* **DATA TO EXAMINE**:

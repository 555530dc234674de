// A list of the text format (docs/FORMAT.md) as it is being read: which word of one array is what (specs/Memory.antt
// says it too), and what comes of a line.
#![tactic(auto)]

ghost use Rattle.std.specs.Prelude.{◌≡◌, ◌≤◌};
ghost use Rattle.list_memory.specs.Memory.{rows_given};
ghost use Rattle.list_memory.specs.Layouts.{table_number, slice_number, stage_number, last_number, layout_of};

use inference::{
    CHOICE_WORDS, CONSTRAINT_WORDS, MAX_COMPONENTS, MAX_CONSTRAINTS, MAX_EXPRS, MAX_OVERLOADS,
    MAX_SOURCES, NAME_WORDS, OVERLOAD_WORDS, SCRATCH_WORDS, TYPING_WORDS,
};
use resolved_sort::{ENTRIES_AT, MAX_ENTRIES, MAX_SORTS, ROW_WORDS, SLOTS, SORT_WORDS};
use unification::{MAX_NODE_ENTRIES, MAX_NODES, MAX_VARS, NODE_ENTRIES_AT, NODE_WORDS};
use words::word;

// What was expected of a line that is not of the format.
#[derive(Clone, Copy, Debug, PartialEq, Eq)]
pub enum Form {
    // printable ASCII
    Printable,
    // at most 200 bytes
    Length,
    // `list` before anything else
    List,
    // a question before an answer
    Question,
    // `?`, `=` or `list` after a question
    Asked,
    // a word that begins a line
    Keyword,
    // the next name of its list
    Next,
    // `bare` alone, before any other sort
    Bare,
    // `sort sK List S`, `sort sK fn S ... -> S`, `sort sK Def N`, `sort sK unit`, `sort sK raw N N N N`
    Sort,
    // `node nK List P`, `node nK fn P ... -> P`, `node nK var vN`, `node nK raw N N N N`
    Node,
    // `entries N ...`
    Entries,
    // `node-entries N ...`
    NodeEntries,
    // `pad sorts N`, also `entries`, `nodes`, `node-entries`
    Pad,
    // `var vK nJ`
    Var,
    // `vars N`
    Vars,
    // `bind vN P`
    Bind,
    // a variable of a `var` or `vars` line above, with no `bind` line yet
    Unbound,
    // `expr eK P`
    Expr,
    // `name eN variable`, `name eN builtin`, `name eN op S`, `name eN raw N N`
    Name,
    // at most 512 base names
    Names,
    // `default S`
    Default,
    // `sub P P`
    Sub,
    // `lit P positive`, `lit P natural`
    Lit,
    // `comprehension P P S`
    Comprehension,
    // `disjunction eN P`
    Disjunction,
    // `overload variable P`, `overload builtin P`, `overload op S P`, `overload raw N N N`
    Overload,
    // `join P P ...`
    Join,
    // `sources P ...`
    Sources,
    // `constraint N N N N N`
    Constraint,
    // `count WHAT N`
    Count,
    // `lend WHAT N`
    Lend,
    // no `ceilings` line, which is for the oracle only
    Ceilings,
    // `? solve`, `? unify P P`, `? join S S`, also `partial_cmp`, `meet`, `widening_distance`, `is_materializable`
    Asks,
}

// What comes of a line of the format: nothing to say, a new list, the question `? solve`, or another question.
#[derive(Clone, Copy, Debug, PartialEq, Eq)]
pub enum Heard {
    Quiet,
    Begins,
    Asks,
    AsksOther,
}

// The tables of rows that a list has.
#[derive(Clone, Copy, Debug, PartialEq, Eq)]
pub enum Table {
    Sorts,
    Entries,
    Nodes,
    NodeEntries,
    Vars,
    Exprs,
    Names,
    Constraints,
    Overloads,
    Sources,
}

// The slices that a call of the solver is lent.
#[derive(Clone, Copy, Debug, PartialEq, Eq)]
pub enum Slice {
    Sorts,
    Nodes,
    Bindings,
    Exprs,
    Names,
    Constraints,
    Overloads,
    Sources,
    Scratch,
    Index,
    Typing,
    Measure,
    Choices,
}

// How far a list is read: no list yet, lines of the list may come, a question was asked, a line was not of the format.
// kept: a word of the list, which is no Option, and no field beside the list: the definitions of a line take and give
// the list as one list of words (`line_taken` and all under it), and each would take and give a field besides.
#[derive(Clone, Copy, Debug, PartialEq, Eq)]
pub enum Stage {
    NoList,
    Reading,
    Asked,
    Bad,
}

// The last constraint line: overloads may follow a disjunction, and sources a join.
// kept: Other and no None: it is a word of the list as the stage is, and no field for the same reason.
#[derive(Clone, Copy, Debug, PartialEq, Eq)]
pub enum LastConstraint {
    Other,
    Disjunction,
    Join,
}

// Where the rows of a table begin, how many words a row has, and how many rows are kept.
#[derive(Clone, Copy, Debug, PartialEq, Eq)]
pub struct Layout {
    pub start: u16,
    pub width: u16,
    pub ceiling: u16,
}

impl Table {
    pub fn number(self) -> usize
        ensures number { result ≡ table_number self }
        ensures within { result ≤ 9 }
    {
        self as usize
    }

    #[tactic(auto, unfolding(crate::specs::Layouts::layout_of))]
    pub fn layout(self) -> Layout
        ensures layout { result ≡ layout_of self }
        ensures narrow { result.width ≤ 5 }
    {
        let (start, width, ceiling) = match self {
            Table::Sorts => (LIST_SORTS_AT, ROW_WORDS, MAX_SORTS),
            Table::Entries => (LIST_SORTS_AT + ENTRIES_AT, 1, MAX_ENTRIES),
            Table::Nodes => (LIST_NODES_AT, ROW_WORDS, MAX_NODES),
            Table::NodeEntries => (LIST_NODES_AT + NODE_ENTRIES_AT, 1, MAX_NODE_ENTRIES),
            Table::Vars => (LIST_BINDS_AT, 1, MAX_VARS),
            Table::Exprs => (LIST_EXPRS_AT, 1, MAX_EXPRS),
            Table::Names => (LIST_NAMES_AT, NAME_WORDS, MAX_NAMES),
            Table::Constraints => (LIST_CONSTRAINTS_AT, CONSTRAINT_WORDS, MAX_CONSTRAINTS),
            Table::Overloads => (LIST_OVERLOADS_AT, OVERLOAD_WORDS, MAX_OVERLOADS),
            Table::Sources => (LIST_SOURCES_AT, 1, MAX_SOURCES),
        };
        Layout {
            start: start as u16,
            width: width as u16,
            ceiling: ceiling as u16,
        }
    }
}

// The rows given of a table.
pub fn rows_given(list: &[u16], table: Table) -> u16
    ensures { result ≡ rows_given list.now (table_number table) }
{
    word(list, ROWS_AT + table.number())
}

impl Slice {
    pub fn number(self) -> usize
        ensures number { result ≡ slice_number self }
        ensures within { result ≤ 12 }
    {
        self as usize
    }
}

// The word that tells a stage.
impl From<Stage> for u16 {
    ghost from_gives = { λ stage word. word ≡ stage_number stage };

    fn from(stage: Stage) -> u16 {
        stage as u16
    }
}

// The word that tells what the last constraint line is.
impl From<LastConstraint> for u16 {
    ghost from_gives = { λ last word. word ≡ last_number last };

    fn from(last: LastConstraint) -> u16 {
        last as u16
    }
}

// The program holds so many base names.
pub const MAX_NAMES: usize = 512;

// How many words the slices of a call have at their ceilings, where that is not the ceiling itself.
pub const LIST_NAME_WORDS: usize = NAME_WORDS * MAX_NAMES;

pub const LIST_CONSTRAINT_WORDS: usize = CONSTRAINT_WORDS * MAX_CONSTRAINTS;

pub const LIST_OVERLOAD_WORDS: usize = OVERLOAD_WORDS * MAX_OVERLOADS;

pub const LIST_TYPING_WORDS: usize = TYPING_WORDS * MAX_EXPRS;

pub const LIST_CHOICE_WORDS: usize = CHOICE_WORDS * MAX_CONSTRAINTS;

// Where the slices of a call begin, one behind the other.
// kept: one array and no field for each table: what storing a row does would be said once for each of ten fields.
pub const LIST_SORTS_AT: usize = 0;

pub const LIST_NODES_AT: usize = LIST_SORTS_AT + SORT_WORDS;

pub const LIST_BINDS_AT: usize = LIST_NODES_AT + NODE_WORDS;

pub const LIST_EXPRS_AT: usize = LIST_BINDS_AT + MAX_VARS;

pub const LIST_NAMES_AT: usize = LIST_EXPRS_AT + MAX_EXPRS;

pub const LIST_CONSTRAINTS_AT: usize = LIST_NAMES_AT + LIST_NAME_WORDS;

pub const LIST_OVERLOADS_AT: usize = LIST_CONSTRAINTS_AT + LIST_CONSTRAINT_WORDS;

pub const LIST_SOURCES_AT: usize = LIST_OVERLOADS_AT + LIST_OVERLOAD_WORDS;

pub const LIST_TYPING_AT: usize = LIST_SOURCES_AT + MAX_SOURCES;

pub const LIST_MEASURE_AT: usize = LIST_TYPING_AT + LIST_TYPING_WORDS;

pub const LIST_CHOICES_AT: usize = LIST_MEASURE_AT + MAX_COMPONENTS;

pub const LIST_SCRATCH_AT: usize = LIST_CHOICES_AT + LIST_CHOICE_WORDS;

pub const LIST_INDEX_AT: usize = LIST_SCRATCH_AT + SCRATCH_WORDS;

// Behind the slices: the rows given of each list; the default sort; the count that a `count` line tells of each list,
// and whether one told it; the length that a `lend` line tells of each slice, and whether one told it; how far the list
// is read; and the kind of the last constraint line. A few words more are free.
// kept: that a line told it is a word beside each count and length, and no Option: all are words of the list, as Stage
// is and for its reason; list_call::told reads both as an Option.
pub const ROWS_AT: usize = LIST_INDEX_AT + SLOTS;

pub const DEFAULT_AT: usize = ROWS_AT + 10;

pub const COUNTS_AT: usize = DEFAULT_AT + 1;

pub const COUNTS_TOLD_AT: usize = COUNTS_AT + 10;

pub const LENT_AT: usize = COUNTS_TOLD_AT + 10;

pub const LENT_TOLD_AT: usize = LENT_AT + 13;

pub const STAGE_AT: usize = LENT_TOLD_AT + 13;

pub const LAST_AT: usize = STAGE_AT + 1;

pub const LIST_WORDS: usize = 36160;

// Counts of rows stop here.
pub const MOST_ROWS: u16 = 65535;
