//! The table with its spare games, while games come and go.
ghost use Rattle.std.specs.Prelude.{◌≡◌, ◌<◌, ◌≤◌, ◌*◌, ℕ, vec_capacity};
ghost use Rattle.league.specs.Counts as counts;
ghost use Rattle.league.specs.Counts.{one_more};
ghost use Rattle.league.specs.Instance.{IsGame, IsTeamCount};
ghost use Rattle.rule_core.specs.Tables.{AreOpponents, kept_counts};

use crate::place::{Place, put, read_place, take_off};
use crate::spare::{add_copy, take_copy};
use league::{Game, slot_count};

/// Counts a game once more: in the table where both its teams are free, or else as a spare one. It takes no memory.
pub(crate) fn keep(n: u16, places: &mut Vec<Place>, spare: &mut Vec<u16>, game: Game)
    requires teams { IsTeamCount n }
    requires fits { IsGame n game }
    requires table { AreOpponents n places.old.items spare.old.items }
    requires few { (i j s : ℕ) → kept_counts n places.old.items spare.old.items i j s ≤ 10000 }
    requires room { counts.slot_count n * 1600 ≤ vec_capacity spare.old }
    ensures table { AreOpponents n places.new.items spare.new.items }
    ensures counts { (i j s : ℕ) → kept_counts n places.new.items spare.new.items i j s
        ≡ one_more (kept_counts n places.old.items spare.old.items) game i j s }
    ensures room { vec_capacity spare.old ≤ vec_capacity spare.new }
{
    let slots = slot_count(n) as usize;
    let home = read_place(places, slots, game.home, game.slot);
    let away = read_place(places, slots, game.away, game.slot);
    if home.is_free() && away.is_free() {
        put(places, slots, game);
    } else {
        add_copy(spare, game);
    }
}

/// Counts a game once less: in the table if it stands there, or else as a spare one. It takes no memory. A spare game
/// stays one, even if places become free.
pub(crate) fn let_go(n: u16, places: &mut Vec<Place>, spare: &mut Vec<u16>, game: Game)
    requires teams { IsTeamCount n }
    requires fits { IsGame n game }
    requires table { AreOpponents n places.old.items spare.old.items }
    requires there { 0 < kept_counts n places.old.items spare.old.items game.home.0 game.away.0 game.slot.0 }
    ensures table { AreOpponents n places.new.items spare.new.items }
    ensures counts { (i j s : ℕ) → kept_counts n places.old.items spare.old.items i j s
        ≡ one_more (kept_counts n places.new.items spare.new.items) game i j s }
    ensures room { vec_capacity spare.old ≤ vec_capacity spare.new }
{
    let slots = slot_count(n) as usize;
    let home = read_place(places, slots, game.home, game.slot);
    if home.is_home_to(game.away) {
        take_off(places, slots, game);
    } else {
        take_copy(spare, game);
    }
}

* **WHAT THE TASK REQUIRES**: The required output is each line of the entries that contains the word "variable".

* **RESPONSE**:
    // a variable of a `var` or `vars` line above, with no `bind` line yet
    // `name eN variable`, `name eN builtin`, `name eN op S`, `name eN raw N N`
    // `overload variable P`, `overload builtin P`, `overload op S P`, `overload raw N N N`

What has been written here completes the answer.